Accurate measurement of particle velocity using a double disc anemometer in erosive wear experiments

Abstract

Accurately characterizing abrasive particle velocity ejected from a nozzle in a pressurized airflow is crucial for solid particle erosion quantification, abrasive jet micromachining, and abrasive slurry micro-jet experiments. A double-disc anemometer (DDA) is an economical particle velocity measurement apparatus which is cost effective to implement. The DDA method determines particle velocity using the time it takes for particles to travel a known distance between two rotating discs mounted on the same shaft. Since 1975, the DDA has been used to measure solid particle velocities in gas-particulate flow streams. Particle velocity measurement using a DDA is an intricate process, which the experimental procedure lacks published standardization outlining, operation procedures, comprehensive error analysis, and post-processing advice, all required to report accurate and reliable results.

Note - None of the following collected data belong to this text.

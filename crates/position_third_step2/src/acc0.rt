// The fifth shape: the first acceleration reaches its limit. Its first two attempts carry the label None.
ghost use Rattle.std.specs.Prelude.{◌≡◌, [], ◌∷◌};
ghost use Rattle.profile.specs.Parts.{profile_in, checked_in};
ghost use Rattle.step2_attempt.specs.Attempt.{tried_of};
ghost use Rattle.time_acc0.specs.TimeAcc0.{acc0_first, acc0_second, acc0_third};

use labels::Labels;
use profile::in_place::Verdict;
use row::NUMBERS;
use step2_attempt::tried;
use step2_solver::{Limits, PositionThirdOrderStep2};

pub fn time_acc0(
    s: PositionThirdOrderStep2,
    l: Limits,
    x: &mut [f64; NUMBERS],
    labels: Labels,
) -> Verdict
    ensures { checked_in x.new result
        ≡ tried_of l (acc0_first s l ∷ acc0_second s l ∷ acc0_third s l ∷ [])
        (profile_in x.old labels) }
{
    let r = tried(time_acc0::first(s, l), l, x, labels);
    if r.ok {
        return r;
    }
    let r = tried(time_acc0::second(s, l), l, x, r.labels);
    if r.ok {
        return r;
    }
    tried(time_acc0::third(s, l), l, x, r.labels)
}
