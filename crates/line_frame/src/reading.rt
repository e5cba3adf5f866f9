// Numbers out of a frame's bytes.
ghost use Rattle.std.specs.Prelude.{◌≡◌, true, ◌+◌, ◌*◌, ◌≤◌};
ghost use Rattle.std.specs.Float.Ieee.Scale.{finite};
ghost use Rattle.line_kinds.specs.Kinds.{frame_most};
ghost use Rattle.line_frame.specs.Frame.{byte_at, word_at, number_at, numbers_at, all_finite_of};

use float::from_bits;
use line_kinds::FRAME;
use number_bytes::{finite_bits, u64_from_be_bytes};

#[tactic(auto, using(crate::proofs::Numbers::word_here))]
fn word_at(frame: &[u8; FRAME], at: usize) -> u64
    requires { at + 8 ≤ frame_most }
    ensures { result ≡ word_at (byte_at frame.now) at }
{
    u64_from_be_bytes(*frame[at..].first_chunk::<8>().unwrap())
}

// Stays: that eight places follow is asked of three private functions, here and beside: a type for a place of the frame
// would be made at each of their calls, which give it as a numeral.
pub fn number_at(frame: &[u8; FRAME], at: usize) -> f64
    requires { at + 8 ≤ frame_most }
    ensures { result ≡ number_at (byte_at frame.now) at }
{
    from_bits(word_at(frame, at))
}

// The same for a number that is known to be finite: no test for a NaN.
#[tactic(auto, using(crate::proofs::Numbers::no_nan))]
pub fn finite_at(frame: &[u8; FRAME], at: usize) -> f64
    requires at_bound { at + 8 ≤ frame_most }
    requires at_value { finite (number_at (byte_at frame.now) at) ≡ true }
    ensures { result ≡ number_at (byte_at frame.now) at }
{
    f64::from_bits(word_at(frame, at))
}

// Kind 00's times.
// Stays: seven calls, as in crates/jerks.
pub fn times(frame: &[u8; FRAME]) -> [f64; 7]
    ensures { result ≡ numbers_at (byte_at frame.now) 4 7 }
{
    [
        number_at(frame, 4),
        number_at(frame, 12),
        number_at(frame, 20),
        number_at(frame, 28),
        number_at(frame, 36),
        number_at(frame, 44),
        number_at(frame, 52),
    ]
}

// Whether n numbers from a place on are finite.
pub fn all_finite(frame: &[u8; FRAME], at: usize, n: usize) -> bool
    requires { at + 8 * n ≤ frame_most }
    ensures { result ≡ all_finite_of (numbers_at (byte_at frame.now) at n) }
{
    let (words, _) = frame[at..at + 8 * n].as_chunks::<8>();
    let mut ok = true;
    for word in words {
        ok &= finite_bits(u64_from_be_bytes(*word));
    }
    ok
}
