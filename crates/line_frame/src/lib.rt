// A line's frame, zeros after its end: the numbers in it by their names.
#![tactic(auto)]

mod reading;

ghost use Rattle.std.specs.Prelude.{◌≡◌, true, ◌+◌, ◌≤◌};
ghost use Rattle.line_kinds.specs.Kinds.{frame_most};
ghost use Rattle.line_frame.specs.Frame.{byte_at};
ghost use Rattle.line_frame.specs.Numbers.{check_numbers_of, check_finite, finite_check_of};
ghost use Rattle.line_frame.specs.Numbers.{move_of, move_finite, finite_move_of};
ghost use Rattle.line_frame.specs.Numbers.{root_answer_of, first_answer_of, second_answer_of};

use line_kinds::FRAME;
use reading::{all_finite, finite_at, number_at, times};
use roots::{RootAnswer, Three};
use step2_solver::Move;

// Kind 00's.
#[derive(Clone, Copy, Default)]
pub struct CheckNumbers {
    pub t: [f64; 7],
    pub p0: f64,
    pub v0: f64,
    pub a0: f64,
    pub pf: f64,
    pub vf: f64,
    pub af: f64,
    pub jf: f64,
    pub v_max: f64,
    pub v_min: f64,
    pub a_max: f64,
    pub a_min: f64,
}

#[tactic(auto, unfolding(crate::specs::Numbers::move_of))]
fn move_at(frame: &[u8; FRAME]) -> Move
    requires { move_finite (byte_at frame.now) ≡ true }
    ensures { result ≡ move_of (byte_at frame.now) }
{
    Move {
        tf: finite_at(frame, 1),
        p0: finite_at(frame, 9),
        v0: finite_at(frame, 17),
        a0: finite_at(frame, 25),
        pf: finite_at(frame, 33),
        vf: finite_at(frame, 41),
        af: finite_at(frame, 49),
        v_max: finite_at(frame, 57),
        v_min: finite_at(frame, 65),
        a_max: finite_at(frame, 73),
        a_min: finite_at(frame, 81),
        j_max: finite_at(frame, 89),
    }
}

#[tactic(auto, unfolding(crate::specs::Numbers::check_numbers_of))]
fn check_at(frame: &[u8; FRAME]) -> CheckNumbers
    requires { check_finite (byte_at frame.now) ≡ true }
    ensures { result ≡ check_numbers_of (byte_at frame.now) }
{
    CheckNumbers {
        t: times(frame),
        p0: finite_at(frame, 60),
        v0: finite_at(frame, 68),
        a0: finite_at(frame, 76),
        pf: finite_at(frame, 84),
        vf: finite_at(frame, 92),
        af: finite_at(frame, 100),
        jf: finite_at(frame, 108),
        v_max: finite_at(frame, 116),
        v_min: finite_at(frame, 124),
        a_max: finite_at(frame, 132),
        a_min: finite_at(frame, 140),
    }
}

// Stays: two functions, this and `move_numbers`, since the two structs have other fields at other places of the frame.
// Kind 00's numbers, where the eleven after the times are finite; the times may be any.
#[tactic(auto, unfolding(crate::specs::Numbers::finite_check_of))]
pub fn check_numbers(frame: &[u8; FRAME]) -> Option<CheckNumbers>
    ensures { result ≡ finite_check_of (byte_at frame.now) }
{
    if all_finite(frame, 60, 11) {
        Some(check_at(frame))
    } else {
        None
    }
}

// The other kinds', where the twelve numbers after the kind are finite.
// Inlined: it has two callers, and would else hand the numbers over in memory.
#[inline(always)]
#[tactic(auto, unfolding(crate::specs::Numbers::finite_move_of))]
pub fn move_numbers(frame: &[u8; FRAME]) -> Option<Move>
    ensures { result ≡ finite_move_of (byte_at frame.now) }
{
    if all_finite(frame, 1, 12) {
        Some(move_at(frame))
    } else {
        None
    }
}

#[inline(always)]
#[tactic(auto, unfolding(crate::specs::Numbers::root_answer_of))]
fn root_answer(frame: &[u8; FRAME], at: usize) -> RootAnswer
    requires { at + 25 ≤ frame_most }
    ensures { result ≡ root_answer_of (byte_at frame.now) at }
{
    let count = frame[at];
    if count == 0 {
        return RootAnswer::CubeRoot(number_at(frame, at + 1));
    }
    RootAnswer::Resolved(
        count,
        Three {
            x0: number_at(frame, at + 1),
            x1: number_at(frame, at + 9),
            x2: number_at(frame, at + 17),
        },
    )
}

// Stays: two by name, since each is public with a promise of its own (`first_answer_of`, `second_answer_of`); what they
// share is `root_answer`, which has a `requires` and so is not public.
// The answer for UDDU's quartic.
pub fn first_answer(frame: &[u8; FRAME]) -> RootAnswer
    ensures { result ≡ first_answer_of (byte_at frame.now) }
{
    root_answer(frame, 97)
}

// The answer for UDUD's.
pub fn second_answer(frame: &[u8; FRAME]) -> RootAnswer
    ensures { result ≡ second_answer_of (byte_at frame.now) }
{
    root_answer(frame, 122)
}
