// The fourth shape: both accelerations reach their limits, and the velocity does not. The jerk is worked out. Kind 08
// is the same with document 02's t[1] from rest to rest.
ghost use Rattle.std.specs.Prelude.{◌≡◌, [], ◌∷◌};
ghost use Rattle.profile.specs.Parts.{profile_in, checked_in};
ghost use Rattle.step2_attempt.specs.Attempt.{tried_of};
ghost use Rattle.time_acc0_acc1.specs.RestToRest.{acc0_acc1_by};

use labels::Labels;
use profile::in_place::Verdict;
use row::NUMBERS;
use step2_attempt::tried;
use step2_solver::{Limits, PositionThirdOrderStep2};

pub fn time_acc0_acc1(
    rest_to_rest: bool,
    s: PositionThirdOrderStep2,
    l: Limits,
    x: &mut [f64; NUMBERS],
    labels: Labels,
) -> Verdict
    ensures { checked_in x.new result
        ≡ tried_of l (acc0_acc1_by rest_to_rest s l ∷ [])
        (profile_in x.old labels) }
{
    tried(time_acc0_acc1::attempt(rest_to_rest, s, l), l, x, labels)
}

This paper presents a new and improved DDA design, automated post-processing procedures, and experimental validation characterizing the flow development of $66\mu m$ glass bead abrasive blasted with a maximum mean particle velocity of $95.3m/s$. State-of-the-art laser Doppler velocimetry equipment (LDV) was used to validate the DDA results with an agreement of −2.8 % on average. Further, this paper investigates the disc separation distance and shaft angular velocity, discussing configuration recommendations for reliable measurements, with an optimal reported uncertainty of ± 3.2 %. Finally, a novel scarring analysis method was conducted to identify the intricacies of how the instrument’s geometries affect the velocity calculation.